# Aim of the task:
Return the lines below that carry the word "nobody".

# Records from a dataset:
"""
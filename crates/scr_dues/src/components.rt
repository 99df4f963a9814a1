//! Component configurations by number, that of the whiteboard too, and what instances have of theirs (OSGi Compendium 8,
//! chapter 112, "Component Description", "Component Properties").
ghost use Rattle.component_state.specs.Components.{component_of};
ghost use Rattle.component_state.specs.declared.component.Component.{Component};
ghost use Rattle.scr_world.specs.Views.{bundle_of_instance, properties_in, references_in};
ghost use Rattle.scr_world.specs.Whiteboard.{component_in};
ghost use Rattle.std.specs.Option.{option_copied, option_map_or};
ghost use Rattle.std.specs.Prelude.{◌≡◌, []};

use crate::own_rows::OwnRows;
use component_dto::Reference;
use component_state::{Component, component_of};
use prop_map::Property;
use scr_world::{Instance, World};

/// The component configuration of a number, that of the whiteboard too.
pub fn component_in<'a>(
    own: &'a OwnRows,
    components: &'a [Component],
    number: u64,
) -> Option<&'a Component>
    ensures { option_copied result ≡ component_in components.now number }
{
    let whiteboard = own.whiteboard();
    if whiteboard.number == number {
        Some(whiteboard)
    } else {
        component_of(components, number)
    }
}

fn references_by(component: Option<&Component>) -> &[Reference]
    ensures { result.now ≡ option_map_or (λ (c : Component). c.description.references) (option_copied component.entry) [] }
{
    match component {
        Some(component) => component.description.get().references.as_slice(),
        None => &[],
    }
}

/// The references of an instance, in the order of its description.
pub fn references_in<'a>(own: &'a OwnRows, world: &'a World, instance: &Instance) -> &'a [Reference]
    ensures { result.now ≡ references_in world.now instance.now }
{
    let components = world.components.as_slice();
    references_by(component_in(own, components, instance.origin.get().configuration))
}
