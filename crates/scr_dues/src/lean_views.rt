//! What decides which callback of an instance is due, without what isn't looked at: whether it is held, whether a service that it
//! holds is ready, and whether one changed of which it isn't told (our own).
ghost use Rattle.callback_orders.specs.Lives.{held_for};
ghost use Rattle.component_state.specs.Reasons.{choice_at};
ghost use Rattle.prop_map.specs.Words.{has, with_places};
ghost use Rattle.prop_map.specs.declared.reference_words.Policy.TheVariants.{Static};
ghost use Rattle.scr_dues.specs.LeanViews.{due_view, is_settled, lean_reference, references_looked_at, staying_reference, wants_nothing};
ghost use Rattle.scr_world.specs.Views.{is_changed, is_ready, references_in};
ghost use Rattle.std.specs.Prelude.{◌≡◌, ◌&&◌, IfOk, map, not};

use crate::changes::{awaits_modified, is_changed};
use crate::components::references_in;
use crate::desires::{choice_where_static, choices_from, desired_holding, is_static};
use crate::own_rows::OwnRows;
use crate::readiness::{bundle_of_instance, is_ready};
use crate::services::sorted;
use callback_orders::{HeldService, InstanceView, Phase, ReferenceView, Wish};
use component_dto::Reference;
use prop_map::{List, OutOfMemory, Str};
use scr_world::{Instance, World};
use std::alloc::Global;

fn is_ready_anew(own: &OwnRows, world: &World, bundle: u64, held: &[u64], service: u64) -> bool
    ensures { result ≡ (not (has held.now service) && is_ready world.now bundle service) }
{
    !held.contains(&service) && is_ready(own, world, bundle, service)
}

// Services, each with whether it isn't held and is ready for a bundle.
fn wishes(
    alloc: Global,
    own: &OwnRows,
    world: &World,
    bundle: u64,
    held: &[u64],
    services: &[u64],
) -> Result<Vec<Wish>, OutOfMemory>
    ensures { IfOk result (λ v. v.items ≡ map (λ s. record { service = s; ready = not (has held.now s) && is_ready world.now bundle s }) services.now) }
{
    services
        .iter()
        .copied()
        .map(|service| Wish {
            service,
            ready: is_ready_anew(own, world, bundle, held, service),
        })
        .collect(alloc)
}

fn is_to_be_told(
    own: &OwnRows,
    world: &World,
    told: bool,
    instance: &Instance,
    reference: &Str,
    service: u64,
) -> bool
    ensures { result ≡ (told && is_changed world.now instance.now reference.now service) }
{
    told && is_changed(own, world, instance, reference, service)
}

// Services, each with whether it changed and an instance is told of that.
fn changes(
    alloc: Global,
    own: &OwnRows,
    world: &World,
    told: bool,
    instance: &Instance,
    reference: &Str,
    services: &[u64],
) -> Result<Vec<HeldService>, OutOfMemory>
    ensures { IfOk result (λ v. v.items ≡ map (λ s. record { service = s; changed = told && is_changed world.now instance.now reference.now s }) services.now) }
{
    services
        .iter()
        .copied()
        .map(|service| HeldService {
            service,
            changed: is_to_be_told(own, world, told, instance, reference, service),
        })
        .collect(alloc)
}

/// It holds these services for the reference, and chose these where it is static.
///
/// # Errors
/// Only want of memory.
pub(crate) fn lean_reference(
    alloc: Global,
    own: &OwnRows,
    world: &World,
    ending: bool,
    instance: &Instance,
    services: &[u64],
    choice: &[u64],
    place: u64,
    reference: &Reference,
) -> Result<ReferenceView, OutOfMemory>
    requires held { services.now ≡ held_for reference.now.name instance.now.callbacks }
    requires choice { reference.now.policy ≡ Static → choice.now ≡ choice_at instance.now.origin.chosen place }
    ensures { IfOk result (λ v. v ≡ lean_reference ending world.now instance.now (place, reference.now)) }
{
    let desired = desired_holding(
        alloc, own, world, ending, instance, services, choice, place, reference,
    )?;
    let held = sorted(alloc, own, world, services)?;
    let bundle = bundle_of_instance(world, instance);
    let told = reference.updated.is_some();
    let wishes = wishes(alloc, own, world, bundle, &held, &desired)?;
    let changes = changes(alloc, own, world, told, instance, &reference.name, &held)?;
    Ok(ReferenceView {
        told,
        desired: List::of(wishes),
        held: List::of(changes),
    })
}

// The choices stand in the order of the references, so the one for a reference is mostly the first of those that are left.
fn lean_references(
    alloc: Global,
    own: &OwnRows,
    world: &World,
    ending: bool,
    instance: &Instance,
    references: &[Reference],
) -> Result<Vec<ReferenceView>, OutOfMemory>
    ensures { IfOk result (λ v. v.items ≡ map (lean_reference ending world.now instance.now) (with_places 0 references.now)) }
{
    let mut found = Vec::new(alloc);
    let mut choices = instance.origin.get().chosen.as_slice();
    for (at, reference) in references.iter().enumerate() {
        let place = at as u64;
        choices = choices_from(choices, place);
        let choice = choice_where_static(choices, place, reference);
        let services = instance.callbacks.held(&reference.name);
        found.push(lean_reference(
            alloc, own, world, ending, instance, services, choice, place, reference,
        )?)?;
    }
    Ok(found)
}

// Whether a static reference holds just what was chosen for it, and nobody is told of changes.
#[tactic(auto, using(crate::proofs::Staying::where_static))]
fn is_settled(
    instance: &Instance,
    services: &[u64],
    choice: &[u64],
    place: u64,
    reference: &Reference,
) -> bool
    requires held { services.now ≡ held_for reference.now.name instance.now.callbacks }
    requires choice { reference.now.policy ≡ Static → choice.now ≡ choice_at instance.now.origin.chosen place }
    ensures { result ≡ is_settled instance.now (place, reference.now) }
{
    is_static(reference.policy) && reference.updated.is_none() && services == choice
}

// A reference for which nothing is due. It takes no memory.
fn wants_nothing(alloc: Global) -> ReferenceView
    ensures { result ≡ wants_nothing }
{
    ReferenceView {
        told: false,
        desired: List::of(Vec::new(alloc)),
        held: List::of(Vec::new(alloc)),
    }
}

// A reference of an instance that goes on. For one that is settled no memory is taken.
#[tactic(auto, unfolding(crate::specs::LeanViews::staying_reference))]
fn staying_reference(
    alloc: Global,
    own: &OwnRows,
    world: &World,
    instance: &Instance,
    services: &[u64],
    choice: &[u64],
    place: u64,
    reference: &Reference,
) -> Result<ReferenceView, OutOfMemory>
    requires held { services.now ≡ held_for reference.now.name instance.now.callbacks }
    requires choice { reference.now.policy ≡ Static → choice.now ≡ choice_at instance.now.origin.chosen place }
    ensures { IfOk result (λ v. v ≡ staying_reference world.now instance.now (place, reference.now)) }
{
    if is_settled(instance, services, choice, place, reference) {
        return Ok(wants_nothing(alloc));
    }
    lean_reference(
        alloc, own, world, false, instance, services, choice, place, reference,
    )
}

// The references of an instance that goes on.
fn staying_references(
    alloc: Global,
    own: &OwnRows,
    world: &World,
    instance: &Instance,
    references: &[Reference],
) -> Result<Vec<ReferenceView>, OutOfMemory>
    ensures { IfOk result (λ v. v.items ≡ map (staying_reference world.now instance.now) (with_places 0 references.now)) }
{
    let mut found = Vec::new(alloc);
    let mut choices = instance.origin.get().chosen.as_slice();
    for (at, reference) in references.iter().enumerate() {
        let place = at as u64;
        choices = choices_from(choices, place);
        let choice = choice_where_static(choices, place, reference);
        let services = instance.callbacks.held(&reference.name);
        found.push(staying_reference(
            alloc, own, world, instance, services, choice, place, reference,
        )?)?;
    }
    Ok(found)
}

// What is looked at of the references of an instance.
#[tactic(auto, unfolding(crate::specs::LeanViews::references_looked_at))]
fn references_looked_at(
    alloc: Global,
    own: &OwnRows,
    world: &World,
    ending: bool,
    instance: &Instance,
) -> Result<Vec<ReferenceView>, OutOfMemory>
    ensures { IfOk result (λ v. v.items ≡ references_looked_at ending world.now instance.now (with_places 0 (references_in world.now instance.now))) }
{
    let references = references_in(own, world, instance);
    if ending {
        return lean_references(alloc, own, world, true, instance, references);
    }
    staying_references(alloc, own, world, instance, references)
}

/// What decides it, where the instance is in this phase, and ends or doesn't, as if nobody held it.
#[tactic(auto, unfolding(crate::specs::LeanViews::lean_view_as, crate::specs::LeanViews::due_view))]
pub(crate) fn due_view(
    alloc: Global,
    own: &OwnRows,
    world: &World,
    phase: Phase,
    ending: bool,
    instance: &Instance,
) -> Result<InstanceView, OutOfMemory>
    ensures { IfOk result (λ v. v ≡ due_view phase ending world.now instance.now) }
{
    let views = references_looked_at(alloc, own, world, ending, instance)?;
    Ok(InstanceView {
        instance: instance.number,
        phase,
        ending,
        outstanding: instance.callbacks.is_outstanding(),
        drained: instance.drained,
        unheld: true,
        stale: awaits_modified(world, instance),
        references: List::of(views),
    })
}
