//! The beginning of a turn before it is a step: a step has room for any command, and is kept in a box (our own).
ghost use Rattle.scr_dues.specs.Beginnings.{step_of};
ghost use Rattle.std.specs.Prelude.{◌≡◌, IfOk};

use callback_orders::Callback;
use component_state::Choice;
use prop_map::{List, OutOfMemory};
use scr_world::Step;
use std::alloc::{AllocError, Global};

/// The beginning of a turn.
#[derive(Drop)]
pub(crate) struct Beginning {
    /// The number of the turn.
    pub turn: u64,
    /// The number of the instance.
    pub instance: u64,
    /// The number of its component configuration.
    pub configuration: u64,
    /// The number of the bundle that it is made for, 0 where it is for all.
    pub consumer: u64,
    /// What it is told.
    pub callback: Callback,
    /// At a Create what it chooses for each static reference, else nothing.
    pub chosen: List<Choice>,
}

fn step_of(beginning: Beginning) -> Step
    ensures { result ≡ step_of beginning }
{
    let Beginning {
        turn,
        instance,
        configuration,
        consumer,
        callback,
        chosen,
    } = beginning;
    Step::Begin {
        turn,
        instance,
        configuration,
        consumer,
        callback,
        chosen,
    }
}

/// The step that begins so.
///
/// # Errors
/// Only want of memory.
pub(crate) fn boxed(alloc: Global, beginning: Beginning) -> Result<Box<Step>, OutOfMemory>
    ensures { IfOk result (λ step. step.value ≡ step_of beginning) }
{
    match Box::new(alloc, step_of(beginning)) {
        Ok(step) => Ok(step),
        Err(_) => Err(AllocError),
    }
}
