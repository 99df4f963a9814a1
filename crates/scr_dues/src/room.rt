//! Room in the journal: the entries that are reserved for what has begun (our own).
ghost use Rattle.scr_world.specs.Room.{has_room, needed_by, reserved, reserved_for};
ghost use Rattle.std.specs.Prelude.{◌≡◌, ◌≤◌, ◌<◌, ◌+◌, ◌^◌, map, sum};

use scr_world::{Instance, Step, World};

// The entries that are reserved for an instance.
fn reserved_for(instance: &Instance) -> u64
    ensures value { result ≡ reserved_for instance.now }
    ensures small { result ≤ 2 }
{
    u64::from(instance.callbacks.is_outstanding())
        + u64::from(instance.callbacks.is_activated() && !instance.drained)
}

fn reserved_for_all(instances: &[Instance]) -> u128
    ensures value { result ≡ sum (map reserved_for instances.now) }
    ensures small { result < 2 ^ 66 }
{
    let mut sum = 0u128;
    for instance in instances {
        sum += u128::from(reserved_for(instance));
    }
    sum
}

/// How many entries are reserved: the end of each turn that is under way, the drain of each instance from the beginning of its
/// Activate on, and the release of each get by token. It takes no memory.
pub fn reserved(world: &World) -> u128
    ensures value { result ≡ reserved world.now }
    ensures small { result < 2 ^ 67 }
{
    let whiteboard = u128::from(reserved_for(&world.whiteboard));
    let instances = reserved_for_all(world.instances.as_slice());
    whiteboard + instances + world.tokens.as_slice().len() as u128
}

/// How many entries a step needs that isn't itself reserved.
pub fn needed_by(step: &Step) -> u64
    ensures value { result ≡ needed_by step.now }
    ensures small { result ≤ 3 }
{
    match step {
        Step::Command(_) => 1,
        Step::Begin { callback, .. } => { if callback.is_activate() { 3 } else { 2 } }
        Step::Got { .. } => 2,
        Step::End { .. } | Step::Drained { .. } | Step::Released { .. } => 0,
    }
}

/// Whether the journal has room for so many entries beside those that are reserved. It takes no memory.
#[tactic(auto, unfolding(scr_world::specs::Room::has_room))]
pub fn has_room(limit: u64, world: &World, entries: u64) -> bool
    ensures { result ≡ has_room limit world.now entries }
{
    u128::from(world.entries) + reserved(world) + u128::from(entries) <= u128::from(limit)
}
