//! A reference of the whiteboard's component configuration with what it needs: its filter is read once.
ghost use Rattle.component_dto.specs.declared.description.Reference.{Reference};
ghost use Rattle.prop_map.specs.declared.properties.Property.{Property};
ghost use Rattle.reference_match.specs.Needs.{need_of};
ghost use Rattle.reference_match.specs.declared.need.Need.{Need};
ghost use Rattle.scr_world.specs.Whiteboard.{whiteboard_component};
ghost use Rattle.std.specs.Option.{option_copied};
ghost use Rattle.std.specs.Prelude.{◌≡◌, IfOk, IsTrue, List, Some};

use component_dto::Reference;
use prop_map::{OutOfMemory, Properties};
use reference_match::{Need, need_of};
use std::alloc::Global;
use std::marker::Model;

/// A reference with what it needs by the properties of the whiteboard's component configuration.
#[derive(Drop)]
pub(crate) struct KnownNeed {
    reference: Reference,
    need: Need,
}

impl Model for KnownNeed {
    ghost use Rattle.component_dto.specs.declared.description.Reference.{Reference};
    ghost use Rattle.reference_match.specs.Needs.{need_of};
    ghost use Rattle.scr_world.specs.Whiteboard.{whiteboard_component};
    ghost use Rattle.std.specs.Prelude.{◌≡◌};

    ghost Value = { Reference };

    ghost view = { λ k. k.reference };

    ghost invariant = { λ k. k.need ≡ need_of whiteboard_component.properties k.reference };
}

impl KnownNeed {
    /// The reference with what it needs.
    ///
    /// # Errors
    /// Only want of memory. The reference is dropped then.
    pub(crate) fn of(
        alloc: Global,
        properties: &Properties,
        reference: Reference,
    ) -> Result<KnownNeed, OutOfMemory>
        requires properties { properties.now ≡ whiteboard_component.properties }
        ensures { IfOk result (λ known. known ≡ reference) }
    {
        let need = need_of(alloc, properties, &reference)?;
        Ok(KnownNeed { reference, need })
    }

    /// What a reference needs that needs the same as this one: none of any other reference.
    pub(crate) fn need_of(&self, reference: &Reference) -> Option<&Need>
        ensures { (need : Need) → option_copied result ≡ Some need → need ≡ need_of whiteboard_component.properties reference.now }
    {
        if needs_the_same(&self.reference, reference) {
            Some(&self.need)
        } else {
            None
        }
    }
}

// Whether two references need the same, whatever the properties are: all that a need is made of is the same.
fn needs_the_same(one: &Reference, other: &Reference) -> bool
    ensures { IsTrue result → (properties : List Property) → need_of properties one.now ≡ need_of properties other.now }
{
    have_same_names(one, other) && have_same_words(one, other)
}

fn have_same_names(one: &Reference, other: &Reference) -> bool
    ensures { IsTrue result → (one.now.name ≡ other.now.name) × (one.now.interface_name ≡ other.now.interface_name) }
{
    one.name == other.name && one.interface_name == other.interface_name
}

fn have_same_words(one: &Reference, other: &Reference) -> bool
    ensures { IsTrue result → (one.now.cardinality ≡ other.now.cardinality) × (one.now.policy ≡ other.now.policy) × (one.now.policy_option ≡ other.now.policy_option) }
{
    one.cardinality == other.cardinality
        && one.policy == other.policy
        && one.policy_option == other.policy_option
}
"""
# Response below:
// Whether a static reference holds just what was chosen for it, and nobody is told of changes.
/// What decides it, where the instance is in this phase, and ends or doesn't, as if nobody held it.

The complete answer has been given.